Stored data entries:
++++
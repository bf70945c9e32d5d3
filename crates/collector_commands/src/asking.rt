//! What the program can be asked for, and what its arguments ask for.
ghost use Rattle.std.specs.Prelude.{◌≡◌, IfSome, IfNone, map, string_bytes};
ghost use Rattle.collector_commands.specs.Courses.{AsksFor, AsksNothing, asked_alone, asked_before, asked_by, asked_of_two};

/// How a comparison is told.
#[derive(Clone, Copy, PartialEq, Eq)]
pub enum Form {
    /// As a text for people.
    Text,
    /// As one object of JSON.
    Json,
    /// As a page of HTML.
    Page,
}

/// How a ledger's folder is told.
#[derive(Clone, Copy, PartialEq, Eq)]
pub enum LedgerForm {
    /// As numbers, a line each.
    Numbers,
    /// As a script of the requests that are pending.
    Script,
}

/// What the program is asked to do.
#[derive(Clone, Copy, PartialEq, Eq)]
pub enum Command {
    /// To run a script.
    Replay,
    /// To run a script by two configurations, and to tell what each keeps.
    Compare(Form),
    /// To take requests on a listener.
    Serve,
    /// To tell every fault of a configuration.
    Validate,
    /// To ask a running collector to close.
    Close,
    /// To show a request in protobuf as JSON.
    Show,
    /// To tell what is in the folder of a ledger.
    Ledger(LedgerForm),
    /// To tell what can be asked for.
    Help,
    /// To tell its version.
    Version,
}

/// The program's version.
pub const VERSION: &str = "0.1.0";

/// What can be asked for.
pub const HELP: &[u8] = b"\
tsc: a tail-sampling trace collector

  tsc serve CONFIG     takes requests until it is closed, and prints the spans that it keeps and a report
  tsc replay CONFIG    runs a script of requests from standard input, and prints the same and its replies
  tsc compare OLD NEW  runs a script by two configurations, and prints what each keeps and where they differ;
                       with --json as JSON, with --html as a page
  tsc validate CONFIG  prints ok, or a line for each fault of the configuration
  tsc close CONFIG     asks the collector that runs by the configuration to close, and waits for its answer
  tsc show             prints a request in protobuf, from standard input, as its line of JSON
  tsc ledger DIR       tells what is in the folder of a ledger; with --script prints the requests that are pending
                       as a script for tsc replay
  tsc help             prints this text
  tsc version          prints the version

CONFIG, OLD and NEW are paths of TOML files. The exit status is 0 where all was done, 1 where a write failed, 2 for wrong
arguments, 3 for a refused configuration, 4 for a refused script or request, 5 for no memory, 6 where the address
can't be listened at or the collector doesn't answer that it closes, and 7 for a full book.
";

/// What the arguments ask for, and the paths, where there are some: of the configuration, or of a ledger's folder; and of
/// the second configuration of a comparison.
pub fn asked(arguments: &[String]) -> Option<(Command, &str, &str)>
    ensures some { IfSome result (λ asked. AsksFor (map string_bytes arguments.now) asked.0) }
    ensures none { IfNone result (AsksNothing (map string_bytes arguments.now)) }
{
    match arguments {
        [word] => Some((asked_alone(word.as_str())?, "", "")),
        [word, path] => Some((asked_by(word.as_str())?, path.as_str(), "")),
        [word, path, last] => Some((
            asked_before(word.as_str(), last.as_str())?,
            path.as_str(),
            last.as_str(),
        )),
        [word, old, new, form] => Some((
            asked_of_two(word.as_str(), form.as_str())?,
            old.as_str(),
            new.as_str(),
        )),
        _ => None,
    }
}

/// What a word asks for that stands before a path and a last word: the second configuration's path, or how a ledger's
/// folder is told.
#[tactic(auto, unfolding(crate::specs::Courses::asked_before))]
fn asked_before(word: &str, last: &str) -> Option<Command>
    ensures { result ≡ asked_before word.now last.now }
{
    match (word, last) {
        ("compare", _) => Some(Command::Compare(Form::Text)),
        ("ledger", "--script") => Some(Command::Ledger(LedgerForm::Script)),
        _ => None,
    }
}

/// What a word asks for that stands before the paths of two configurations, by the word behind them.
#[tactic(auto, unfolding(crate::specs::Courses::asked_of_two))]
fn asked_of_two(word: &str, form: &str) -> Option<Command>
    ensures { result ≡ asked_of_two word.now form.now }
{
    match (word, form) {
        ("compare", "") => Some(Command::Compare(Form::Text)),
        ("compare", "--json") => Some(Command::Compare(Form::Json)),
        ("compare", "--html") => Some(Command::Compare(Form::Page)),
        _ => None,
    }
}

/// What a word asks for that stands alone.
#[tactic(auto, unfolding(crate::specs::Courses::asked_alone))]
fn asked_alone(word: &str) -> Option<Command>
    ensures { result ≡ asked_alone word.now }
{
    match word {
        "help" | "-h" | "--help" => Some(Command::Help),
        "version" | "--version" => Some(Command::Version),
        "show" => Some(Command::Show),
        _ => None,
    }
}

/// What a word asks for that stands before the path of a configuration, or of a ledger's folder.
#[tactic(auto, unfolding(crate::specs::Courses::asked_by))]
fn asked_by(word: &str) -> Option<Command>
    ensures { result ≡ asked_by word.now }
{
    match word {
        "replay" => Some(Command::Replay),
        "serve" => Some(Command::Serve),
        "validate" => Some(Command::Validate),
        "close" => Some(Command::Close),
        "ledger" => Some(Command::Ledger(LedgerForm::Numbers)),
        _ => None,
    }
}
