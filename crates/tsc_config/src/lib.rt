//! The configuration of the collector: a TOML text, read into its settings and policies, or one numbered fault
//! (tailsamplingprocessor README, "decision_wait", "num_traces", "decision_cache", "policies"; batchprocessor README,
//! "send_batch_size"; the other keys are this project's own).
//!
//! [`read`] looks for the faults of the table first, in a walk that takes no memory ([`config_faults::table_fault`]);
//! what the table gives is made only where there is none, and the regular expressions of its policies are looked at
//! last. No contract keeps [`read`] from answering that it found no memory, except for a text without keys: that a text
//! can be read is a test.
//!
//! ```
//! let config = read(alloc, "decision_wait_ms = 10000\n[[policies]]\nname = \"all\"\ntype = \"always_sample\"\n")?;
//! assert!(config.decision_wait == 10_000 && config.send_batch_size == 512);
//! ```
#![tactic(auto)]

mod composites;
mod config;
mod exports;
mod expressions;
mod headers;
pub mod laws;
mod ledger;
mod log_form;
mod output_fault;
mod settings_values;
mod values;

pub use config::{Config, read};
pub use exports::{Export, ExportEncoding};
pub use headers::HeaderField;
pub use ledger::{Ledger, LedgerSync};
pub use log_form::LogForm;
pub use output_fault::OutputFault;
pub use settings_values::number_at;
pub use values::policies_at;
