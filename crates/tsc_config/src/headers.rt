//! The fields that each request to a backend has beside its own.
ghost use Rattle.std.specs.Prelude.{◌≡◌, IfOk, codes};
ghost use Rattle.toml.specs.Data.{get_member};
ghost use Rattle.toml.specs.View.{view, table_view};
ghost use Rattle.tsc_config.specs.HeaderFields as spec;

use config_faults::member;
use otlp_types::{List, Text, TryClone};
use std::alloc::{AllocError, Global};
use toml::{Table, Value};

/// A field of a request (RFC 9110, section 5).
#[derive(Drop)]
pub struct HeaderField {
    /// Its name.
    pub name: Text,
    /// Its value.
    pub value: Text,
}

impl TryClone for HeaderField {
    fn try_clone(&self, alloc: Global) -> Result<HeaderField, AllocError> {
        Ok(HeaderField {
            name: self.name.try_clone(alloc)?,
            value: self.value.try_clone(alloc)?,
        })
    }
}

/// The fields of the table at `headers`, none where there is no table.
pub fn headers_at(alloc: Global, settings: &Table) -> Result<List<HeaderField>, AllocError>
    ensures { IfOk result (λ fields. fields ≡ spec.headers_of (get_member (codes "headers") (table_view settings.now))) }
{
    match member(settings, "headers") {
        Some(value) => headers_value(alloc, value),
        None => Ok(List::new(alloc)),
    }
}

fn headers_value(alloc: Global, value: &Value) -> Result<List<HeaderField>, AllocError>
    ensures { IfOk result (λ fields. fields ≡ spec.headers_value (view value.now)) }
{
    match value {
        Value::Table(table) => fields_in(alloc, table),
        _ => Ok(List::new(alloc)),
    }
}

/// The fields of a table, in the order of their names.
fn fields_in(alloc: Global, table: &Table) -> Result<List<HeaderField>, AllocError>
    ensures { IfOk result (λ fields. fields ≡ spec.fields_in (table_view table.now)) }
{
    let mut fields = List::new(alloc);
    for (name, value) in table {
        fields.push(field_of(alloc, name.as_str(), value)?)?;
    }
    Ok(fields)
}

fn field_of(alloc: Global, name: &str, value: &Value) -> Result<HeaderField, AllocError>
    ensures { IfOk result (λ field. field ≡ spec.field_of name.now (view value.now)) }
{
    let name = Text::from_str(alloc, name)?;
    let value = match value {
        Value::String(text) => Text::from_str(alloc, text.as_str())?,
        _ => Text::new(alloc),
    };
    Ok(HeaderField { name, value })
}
++++
Task directions =
Beginning with the line above that contains "on a listener.", copy each line exactly up to and including the line that contains "tsc replay CONFIG", and go no further.

Answer to the problem =
    /// To take requests on a listener.
    Serve,
    /// To tell every fault of a configuration.
    Validate,
    /// To ask a running collector to close.
    Close,
    /// To show a request in protobuf as JSON.
    Show,
    /// To tell what is in the folder of a ledger.
    Ledger(LedgerForm),
    /// To tell what can be asked for.
    Help,
    /// To tell its version.
    Version,
}

/// The program's version.
pub const VERSION: &str = "0.1.0";

/// What can be asked for.
pub const HELP: &[u8] = b"\
tsc: a tail-sampling trace collector

  tsc serve CONFIG     takes requests until it is closed, and prints the spans that it keeps and a report
  tsc replay CONFIG    runs a script of requests from standard input, and prints the same and its replies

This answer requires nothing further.